**Exercise requirements**
A single stretch of the material below is to be transcribed exactly, starting at the line with "use typing::Shape;" and ending after the line with "int_answer x ≡".
──────── Input material
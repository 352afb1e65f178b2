// A value against many types: it is read as an int once, and of which `enum` types it is a symbol is known by one search.
ghost use Rattle.std.specs.Prelude.{◌≡◌};
ghost use Rattle.format.specs.Words.{trim};
ghost use Rattle.format.specs.Numbers.{int_bounds, int_of};
ghost use Rattle.numbers.specs.Meaning.{int_answer};
ghost use Rattle.columns.specs.Readings.{met_by};

use numbers::Whole;
use typing::Shape;

// Does a value meet a kind? x is what it is as an int, and symbol tells whether it is a symbol of the kind, if that is an `enum`.
pub fn shape_met(kind: Shape, v: &[u8], x: Option<Whole>, symbol: bool) -> bool
    requires { int_answer x ≡ int_of int_bounds (trim v.now) }
    ensures { result ≡ met_by kind symbol v.now }
{
    match kind {
        Shape::Int => typing::is_int(x),
        Shape::Range(low, high) => typing::is_between(low, high, x),
        Shape::Enum { .. } => symbol,
        Shape::Alias { .. } => false,
        _ => typing::meets(kind, b"", v),
    }
}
────────────────
**Result below**
use typing::Shape;

// Does a value meet a kind? x is what it is as an int, and symbol tells whether it is a symbol of the kind, if that is an `enum`.
pub fn shape_met(kind: Shape, v: &[u8], x: Option<Whole>, symbol: bool) -> bool
    requires { int_answer x ≡ int_of int_bounds (trim v.now) }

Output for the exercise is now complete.